I think that I found two solutions but both of them are not optimal.
Solution 1.:
Add another default request after ServletOAuth2AuthorizedClientExchangeFilterFunction which replaces user Authentication in attributes by an application Authentication. Problem is that it dependes on an internal implemention of ServletOAuth2AuthorizedClientExchangeFilterFunction which use a private attribute AUTHENTICATION_ATTR_NAME = Authentication.class.getName();.
return WebClient.builder()
.apply(oauth2Client.oauth2Configuration())
.defaultRequest(spec -> spec.attributes(attr ->
attr.put(AUTHENTICATION_ATTR_NAME, new CustomApplicaitonAuthentication())
)
.build();
Solution 2.:
Use a custom implementation of OAuth2AuthorizedClientRepository instead of default AuthenticatedPrincipalOAuth2AuthorizedClientRepository (which I have to do anyway because of the issue with removing invalid tokens) where I ignore user's Authentication and I use a custom application Authentication.
@Override
public <T extends OAuth2AuthorizedClient> T loadAuthorizedClient(String clientRegistrationId, Authentication principal,
HttpServletRequest request) {
return this.authorizedClientService.loadAuthorizedClient(clientRegistrationId, new CustomApplicaitonAuthentication());
}
@Override
public void saveAuthorizedClient(OAuth2AuthorizedClient authorizedClient, Authentication principal,
HttpServletRequest request, HttpServletResponse response) {
this.authorizedClientService.saveAuthorizedClient(authorizedClient, new CustomApplicaitonAuthentication());
}
But I think that both my solutions are not optimal. Is there another way how to do it more straightforward?

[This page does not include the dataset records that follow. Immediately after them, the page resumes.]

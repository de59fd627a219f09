ghost use Rattle.std.specs.Prelude.{◌≡◌, ◌↔◌, [], ◌∷◌, OnOk, IsTrue, MatchOption, IfOk, reverse};
ghost use Rattle.std.specs.Option.{option_map};
ghost use Rattle.wasm_typing.specs.Rules.{at};
ghost use Rattle.wasm_typing.specs.Steps.{receives, opened, set_in, labels_of};
ghost use Rattle.wasm_check_control.specs.Environment.{stack_of};
ghost use Rattle.wasm_check_control.specs.State.{taken, Answers, took, jumped, around, construct_of, results_of, type_of_frame, ended, turns_by, ends_by};

use crate::context::ModuleContext;
use crate::frame::{Frame, FrameKind, ResultTypes};
use crate::operands::Operands;
use crate::value_matches::matches;
use std::alloc::{AllocError, Global};
use std::marker::Model;
use wasm_below::ValType;
use wasm_typing::ValueType;

/// An operand that an operator did not find.
#[derive(Clone, Copy, Debug)]
pub struct Mismatch {
    pub expected: ValueType,
    /// The type of the operand on top of the stack; `None` if the frame has no operand.
    pub found: Option<ValueType>,
}

/// The control frames and their operands. Specification: Appendix, Validation Algorithm.
#[derive(Drop)]
pub struct Control<'m> {
    pub(crate) operands: Operands,
    pub(crate) current: Option<Frame<'m>>,
    around: Vec<Frame<'m>>,
    mismatch: Option<Mismatch>,
}

impl<'m> Model for Control<'m> {
    ghost use Rattle.std.specs.Prelude.{◌≡◌, List, length};
    ghost use Rattle.wasm_typing.specs.Steps.{Frame as ControlFrame};
    ghost use Rattle.wasm_check_control.specs.State.{frames_with, frames_of, StandsAlone};

    ghost Value = { List ControlFrame };

    ghost view = { λ s. frames_with (frames_of s.current s.around.items) s.operands };

    ghost invariant = { λ s. (length (frames_of s.current s.around.items) ≡ length s.operands) × StandsAlone s.current s.around.items };
}

impl<'m> Control<'m> {
    /// Creates a stack without frames.
    pub fn new(alloc: Global) -> Control<'m>
        ensures { result ≡ [] }
    {
        Control {
            operands: Operands::new(alloc),
            current: None,
            around: Vec::new(alloc),
            mismatch: None,
        }
    }

    /// Returns the operand that the last failed call did not find, if that is why it failed.
    pub fn mismatch(&self) -> Option<Mismatch> {
        self.mismatch
    }

    /// Takes an operand of this type. Returns whether there is one.
    #[inline(always)]
    pub fn expect<M: ModuleContext>(&mut self, context: &M, ty: ValueType) -> bool
        ensures { Answers result (taken (M.environment context.now).order (ty ∷ []) self.old) self.new }
    {
        if self.operands.pop_same(&ty) {
            return true;
        }
        self.expect_matching(context, &ty)
    }

    /// Takes an operand that matches this type. `expect` first takes one of the same number type.
    fn expect_matching<M: ModuleContext>(&mut self, context: &M, ty: &ValueType) -> bool
        ensures { Answers result (taken (M.environment context.now).order (ty.now ∷ []) self.old) self.new }
    {
        let ty = *ty;
        let Some(frame) = self.current else {
            return false;
        };
        match self.operands.pop() {
            Some(found) => {
                if matches(context, found, ty) {
                    return true;
                }
                self.mismatch = Some(Mismatch {
                    expected: ty,
                    found: Some(found),
                });
                false
            }
            None => {
                if frame.unreachable {
                    return true;
                }
                self.mismatch = Some(Mismatch {
                    expected: ty,
                    found: None,
                });
                false
            }
        }
    }

    /// Takes operands of these types. The last is on top.
    pub fn expect_all<M: ModuleContext>(&mut self, context: &M, types: &[ValType]) -> bool
        ensures { Answers result (taken (M.environment context.now).order (stack_of types.now) self.old) self.new }
    {
        if self.current.is_none() {
            return false;
        }
        for i in 0..types.len() {
            let index = types.len() - 1 - i;
            if !self.expect(context, ValueType::new(types[index])) {
                return false;
            }
        }
        true
    }

    /// Takes operands of these types. The last is on top.
    #[inline(always)]
    pub fn expect_values<M: ModuleContext>(&mut self, context: &M, types: &[ValueType]) -> bool
        ensures { Answers result (taken (M.environment context.now).order (reverse types.now) self.old) self.new }
    {
        if self.current.is_none() {
            return false;
        }
        for i in 0..types.len() {
            if !self.expect(context, types[types.len() - 1 - i]) {
                return false;
            }
        }
        true
    }

    /// Takes an operand of the type `one`, or with `None`, operands of the types `many`.
    pub fn expect_results<M: ModuleContext>(
        &mut self,
        context: &M,
        one: Option<ValueType>,
        many: &[ValType],
    ) -> bool
        ensures { Answers result (taken (M.environment context.now).order (results_of one many.now) self.old) self.new }
    {
        match one {
            Some(ty) => self.expect(context, ty),
            None => self.expect_all(context, many),
        }
    }

    /// Takes the operand on top. In unreachable code, it may be bot.
    pub fn take(&mut self) -> Option<ValueType>
        ensures { MatchOption result (took self.old ≡ None) (λ v. took self.old ≡ Some (v, self.new)) }
    {
        let Some(frame) = self.current else {
            return None;
        };
        match self.operands.pop() {
            Some(found) => Some(found),
            None => {
                if frame.unreachable {
                    Some(ValueType::Bottom)
                } else {
                    None
                }
            }
        }
    }

    /// Leaves an operand of this type.
    #[inline(always)]
    pub fn give(&mut self, ty: ValueType) -> Result<(), AllocError>
        ensures { OnOk result (self.new ≡ receives (ty ∷ []) self.old) }
    {
        self.operands.push(ty)
    }

    /// Leaves operands of these types. The last is on top.
    pub fn give_all(&mut self, types: &[ValType]) -> Result<(), AllocError>
        ensures { OnOk result (self.new ≡ receives (stack_of types.now) self.old) }
    {
        for i in 0..types.len() {
            self.give(ValueType::new(types[i]))?;
        }
        Ok(())
    }

    /// Leaves operands of these types. The last is on top.
    #[inline(always)]
    pub fn give_values(&mut self, types: &[ValueType]) -> Result<(), AllocError>
        ensures { OnOk result (self.new ≡ receives (reverse types.now) self.old) }
    {
        for ty in types {
            self.give(*ty)?;
        }
        Ok(())
    }

    /// Leaves an operand of the type `one`, or with `None`, operands of the types `many`.
    pub fn give_results(
        &mut self,
        one: Option<ValueType>,
        many: &[ValType],
    ) -> Result<(), AllocError>
        ensures { OnOk result (self.new ≡ receives (results_of one many.now) self.old) }
    {
        match one {
            Some(ty) => self.give(ty),
            None => self.give_all(many),
        }
    }

    /// Makes the rest of the frame unreachable.
    pub fn jump(&mut self)
        ensures { self.new ≡ jumped self.old }
    {
        if let Some(frame) = self.current {
            self.operands.clear();
            self.current = Some(Frame {
                unreachable: true,
                ..frame
            });
        }
    }

    /// Opens a frame that starts with the operands that its construct takes.
    pub fn enter(
        &mut self,
        kind: FrameKind,
        takes: &'m [ValType],
        one: Option<ValueType>,
        leaves: &'m [ValType],
    ) -> Result<(), AllocError>
        ensures { OnOk result (self.new ≡ opened (construct_of kind) (record { takes = stack_of takes.now; leaves = results_of one leaves.now }) (set_in self.old) ∷ self.old) }
    {
        self.operands.open()?;
        if let Some(frame) = self.current {
            if self.around.push(frame).is_err() {
                self.operands.close();
                return Err(AllocError);
            }
        }
        self.current = Some(Frame {
            kind,
            takes,
            one,
            leaves,
            unreachable: false,
        });
        self.give_all(takes)
    }

    /// Closes the innermost frame if its operands are the results of its construct and no more.
    pub fn leave<M: ModuleContext>(&mut self, context: &M) -> Option<Frame<'m>>
        ensures { MatchOption result (ended (M.environment context.now).order self.old ≡ None)
            (λ f. ended (M.environment context.now).order self.old ≡ Some (construct_of f.kind, type_of_frame f, self.new)) }
    {
        let Some(frame) = self.current else {
            return None;
        };
        if !self.expect_results(context, frame.one, frame.leaves) {
            return None;
        }
        if !self.operands.is_empty() {
            return None;
        }
        self.operands.close();
        self.current = self.around.pop();
        Some(frame)
    }

    /// Returns the operands that a branch takes. The innermost label is 0.
    pub fn label(&self, depth: u32) -> Option<ResultTypes<'m>>
        ensures { option_map (λ s. results_of s.one s.many.now) result ≡ at (labels_of self.now) depth }
    {
        let depth = depth as usize;
        if depth == 0 {
            return match self.current {
                Some(frame) => Some(frame.label()),
                None => None,
            };
        }
        if depth > self.around.len() {
            return None;
        }
        Some(self.around[self.around.len() - depth].label())
    }

    /// Goes from an `if` to its `else`.
    pub fn turn<M: ModuleContext>(&mut self, context: &M) -> Result<bool, AllocError>
        ensures { IfOk result (λ yes. Answers yes (turns_by (M.environment context.now).order self.old) self.new) }
    {
        let Some(frame) = self.leave(context) else {
            return Ok(false);
        };
        match frame.kind {
            FrameKind::If => {
                self.enter(FrameKind::Else, frame.takes, frame.one, frame.leaves)?;
                Ok(true)
            }
            FrameKind::Block | FrameKind::Loop | FrameKind::Else | FrameKind::TryTable => Ok(false),
        }
    }

    /// Ends the innermost frame. An `if` without `else` ends like one with an empty `else`.
    pub fn end<M: ModuleContext>(&mut self, context: &M) -> Result<bool, AllocError>
        ensures { IfOk result (λ yes. Answers yes (ends_by (M.environment context.now).order self.old) self.new) }
    {
        let Some(frame) = self.leave(context) else {
            return Ok(false);
        };
        if frame.kind == FrameKind::If {
            self.enter(FrameKind::Else, frame.takes, frame.one, frame.leaves)?;
            if self.leave(context).is_none() {
                return Ok(false);
            }
        }
        self.give_results(frame.one, frame.leaves)?;
        Ok(true)
    }

    /// Returns whether no frame is around the innermost.
    pub fn is_outermost(&self) -> bool
        ensures { IsTrue result ↔ (around self.now ≡ []) }
    {
        self.around.is_empty()
    }

    pub fn is_closed(&self) -> bool
        ensures { IsTrue result ↔ (self.now ≡ []) }
    {
        self.current.is_none()
    }
}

I found solution because I needed to run it without a servlet request (messaging, scheduler etc.). Therefore I needed to update it and use the AuthorizedClientServiceOAuth2AuthorizedClientManager instead of the default DefaultOAuth2AuthorizedClientManager. Then I reallized that it does the same thing like I need.
@Bean
WebClient buildWebClient(
OAuth2AuthorizedClientManager oAuth2AuthorizedClientManager,
OAuth2AuthorizationFailureHandler oAuth2AuthorizationFailureHandler,
String clientName) {
final ServletOAuth2AuthorizedClientExchangeFilterFunction oauth2Client = new ServletOAuth2AuthorizedClientExchangeFilterFunction(
oAuth2AuthorizedClientManager);
oauth2Client.setDefaultClientRegistrationId(clientName);
oauth2Client.setAuthorizationFailureHandler(oAuth2AuthorizationFailureHandler);
return WebClient.builder()
.apply(oauth2Client.oauth2Configuration())
.build();
}
@Bean
public OAuth2AuthorizedClientManager authorizedClientManager
(ClientRegistrationRepository clients, OAuth2AuthorizedClientService service, OAuth2AuthorizationFailureHandler authorizationFailureHandler) {
AuthorizedClientServiceOAuth2AuthorizedClientManager manager =
new AuthorizedClientServiceOAuth2AuthorizedClientManager(clients, service);
manager.setAuthorizationFailureHandler(authorizationFailureHandler);
return manager;
}
@Bean
public OAuth2AuthorizationFailureHandler resourceServerAuthorizationFailureHandler(
OAuth2AuthorizedClientService authorizedClientService) {
return new RemoveAuthorizedClientOAuth2AuthorizationFailureHandler(
(clientRegistrationId, principal, attributes) ->
authorizedClientService.removeAuthorizedClient(clientRegistrationId, principal.getName()));
}
We had to add a custom OAuth2AuthorizationFailureHandler because if you do not use this constructor ServletOAuth2AuthorizedClientExchangeFilterFunction(ClientRegistrationRepository clientRegistrationRepository, OAuth2AuthorizedClientRepository authorizedClientRepository) and you use a custom OAuth2AuthorizedClientManager then it is not configured and you have to do it manually.